If a person signed on to Dashboard through his or her Facebook account, the campaign could, with permission, gain access to that person’s Facebook friends. The Obama team called this “targeted sharing.” It knew from other research that people who pay less attention to politics are more likely to listen to a message from a friend than from someone in the campaign. The team could supply people with information about their friends based on data it had independently gathered. . . . Instead of asking someone to send a message to all of his or her Facebook friends, the campaign could present a handpicked list of the three or four or five people it believed would most benefit from personal encouragement.

Balz’s profile cites “Google’s Eric Schmidt, who offered advice to the campaign,” praising the Obama 2012 team’s “integration of technology and old-fashioned organizing,” which would have been less successful absent the assistance of some of Silicon Valley’s biggest names.

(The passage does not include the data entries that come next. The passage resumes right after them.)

ghost use Rattle.std.specs.Prelude.{◌≡◌, ◌+◌, ◌*◌, ◌^◌, ◌<◌, ◌/◌, ◌%◌, false};
ghost use Rattle.std.specs.Int.{bit_at};
ghost use Rattle.iom_bits.specs.Bits.{field_of};
ghost use Rattle.iom_regs.specs.Busy.{control_settled};
ghost use Rattle.iom_regs.specs.Sound.{named_bits};
ghost use Rattle.iom_regs.specs.Table.{flag_after, turns_on, cqcsr_of, fqcsr_of, is_busy, on_after, pending_after};

use crate::layout::{BUSY, ON};
use iom_bits::field;

// Bit `bit` of a word, left at its place.
#[tactic(auto, using(crate::proofs::Shifts::bit_placed))]
fn bit_in_place(word: u64, bit: u32) -> u64
    requires { bit < 64 }
    ensures { result ≡ 2 ^ bit * bit_at word bit }
{
    field(word, bit, 1) << bit
}

// Flag `bit` of a register after a write, at its place: a written 1 clears it.
fn flag_after(old: u64, value: u64, bit: u32) -> u64
    requires { bit < 64 }
    ensures { result ≡ flag_after old value bit }
{
    if field(value, bit, 1) == 1 {
        0
    } else {
        bit_in_place(old, bit)
    }
}

/// Whether writing `value` to cqcsr or fqcsr turns the queue on: bit 0 (cqen, fqen) is 1 in `value` and 0 in `control`.
pub fn turns_on(control: u64, value: u64) -> bool
    ensures { result ≡ turns_on control value }
{
    field(value, 0, 1) == 1 && field(control, 0, 1) == 0
}

// Bits 16 (cqon, fqon) and 17 (busy) of cqcsr or fqcsr after a write: without delays the queue is on if it is enabled, with delays it
// stays on or off, and is busy.
fn on_after(delays: bool, old: u64, value: u64) -> u64
    ensures { result ≡ on_after delays old value }
{
    if delays {
        bit_in_place(old, ON) + (1 << BUSY)
    } else {
        field(value, 0, 1) << ON
    }
}

/// cqcsr, the command queue's control and status, after a write of `value` over `old`, which isn't busy: bits 0 and 1 are taken over, a 1
/// clears each of the bits 8 to 11, and turning the queue on clears them all. Without delays cqon (bit 16) is as cqen (bit 0); with
/// delays it is as it was, and busy (bit 17) is set ("Command-queue CSR (cqcsr)").
#[tactic(auto, unfolding(iom_bits::specs::Bits::has_bit))]
pub fn cqcsr_after_write(delays: bool, old: u64, value: u64) -> u64
    ensures value { result ≡ cqcsr_of delays old value }
    ensures named { named_bits result 4 ≡ result }
    ensures busy { is_busy result ≡ delays }
    ensures on { is_busy result ≡ false → bit_at result 16 ≡ bit_at result 0 }
    ensures cmd_to { bit_at old 9 ≡ 0 → bit_at result 9 ≡ 0 }
{
    let low = if turns_on(old, value) {
        field(value, 0, 2)
    } else {
        field(value, 0, 2)
            + (flag_after(old, value, 8)
                + flag_after(old, value, 9)
                + flag_after(old, value, 10)
                + flag_after(old, value, 11))
    };
    low + on_after(delays, old, value)
}

/// fqcsr, the fault queue's control and status, after a write of `value` over `old`, which isn't busy: bits 0 and 1 are taken over, a 1
/// clears each of the bits 8 and 9, and turning the queue on clears both. Without delays fqon (bit 16) is as fqen (bit 0); with delays
/// it is as it was, and busy (bit 17) is set ("Fault queue CSR (fqcsr)").
#[tactic(auto, unfolding(iom_bits::specs::Bits::has_bit))]
pub fn fqcsr_after_write(delays: bool, old: u64, value: u64) -> u64
    ensures value { result ≡ fqcsr_of delays old value }
    ensures named { named_bits result 2 ≡ result }
    ensures busy { is_busy result ≡ delays }
    ensures on { is_busy result ≡ false → bit_at result 16 ≡ bit_at result 0 }
{
    let low = if turns_on(old, value) {
        field(value, 0, 2)
    } else {
        field(value, 0, 2) + (flag_after(old, value, 8) + flag_after(old, value, 9))
    };
    low + on_after(delays, old, value)
}

/// cqcsr or fqcsr after the write that kept it busy is carried out: on (bit 16) is as enabled (bit 0), and busy (bit 17) is 0.
#[tactic(auto, unfolding(iom_bits::specs::Bits::has_bit))]
pub fn control_settled(control: u64) -> u64
    ensures value { result ≡ control_settled control }
    ensures busy { is_busy result ≡ false }
    ensures on { bit_at result 16 ≡ bit_at result 0 }
    ensures commands { named_bits control 4 ≡ control → named_bits result 4 ≡ result }
    ensures faults { named_bits control 2 ≡ control → named_bits result 2 ≡ result }
    ensures interrupt { bit_at result 1 ≡ bit_at control 1 }
    ensures second { bit_at result 9 ≡ bit_at control 9 }
    ensures two { field_of result 8 2 ≡ field_of control 8 2 }
    ensures four { field_of result 8 4 ≡ field_of control 8 4 }
{
    field(control, 0, ON) + (field(control, 0, 1) << ON)
}

/// ipsr after a write of `value`: a 1 clears each of the bits 0 (cip) and 1 (fip).
pub fn ipsr_after_write(old: u64, value: u64) -> u64
    ensures { result ≡ flag_after old value 0 + flag_after old value 1 }
{
    flag_after(old, value, 0) + flag_after(old, value, 1)
}

/// Bit `bit` of ipsr, 0 (cip) or 1 (fip), at its place: set if its cause asks for it, else as it was.
pub fn pending_after(ipsr: u64, bit: u32, asked: bool) -> u64
    requires { bit < 2 }
    ensures { result ≡ pending_after ipsr bit asked }
{
    if asked {
        1 << bit
    } else {
        bit_in_place(ipsr, bit)
    }
}

/// A register with its low 32 bits replaced by `value`, which is below 2^32.
pub fn with_low(word: u64, value: u64) -> u64
    requires { value < 2 ^ 32 }
    ensures { result ≡ value + 2 ^ 32 * (word / 2 ^ 32) }
{
    value + (field(word, 32, 32) << 32)
}

/// A register with its high 32 bits replaced by `value`, which is below 2^32.
pub fn with_high(word: u64, value: u64) -> u64
    requires { value < 2 ^ 32 }
    ensures { result ≡ word % 2 ^ 32 + 2 ^ 32 * value }
{
    field(word, 0, 32) + (value << 32)
}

Facebook’s integration with Obama’s political operation eventually became something of a political scandal, but only when Donald Trump’s consultants similarly accessed user data on social-media platforms, albeit in distinct ways and for discreet purposes. Whereas the Obama campaign’s Facebook widget asked users permission to donate, learn voting requirements, and identify persuadable neighbors to canvas on the candidate’s behalf, users who accessed an app controlled by Cambridge Analytica were not informed that their data would be supplied to the Trump campaign.

That’s a distinction with a difference. The Trump campaign’s data-mining and microtargeting efforts were, however, unremarkable because Obama’s example made them unremarkable. “We had consent,” Obama 2012 online organizing director Betsy Hoover told NPR. “It was within Facebook’s terms of service, and we were very minimalist with how we used that data.” Facebook altered its terms of service during Obama’s second term in office to prevent the sort of data sharing from which the president’s campaign benefited. But at the time, it was all above board.

How does any of this compare with Ron DeSantis’s sit-down with Elon Musk, which is set to be broadcast on Twitter? It doesn’t. But the assertion to the contrary from NBC News’s reporters provides a useful opportunity to remind voters just how tightly wedded Silicon Valley was to Barack Obama’s campaigns. We haven’t seen anything like it since.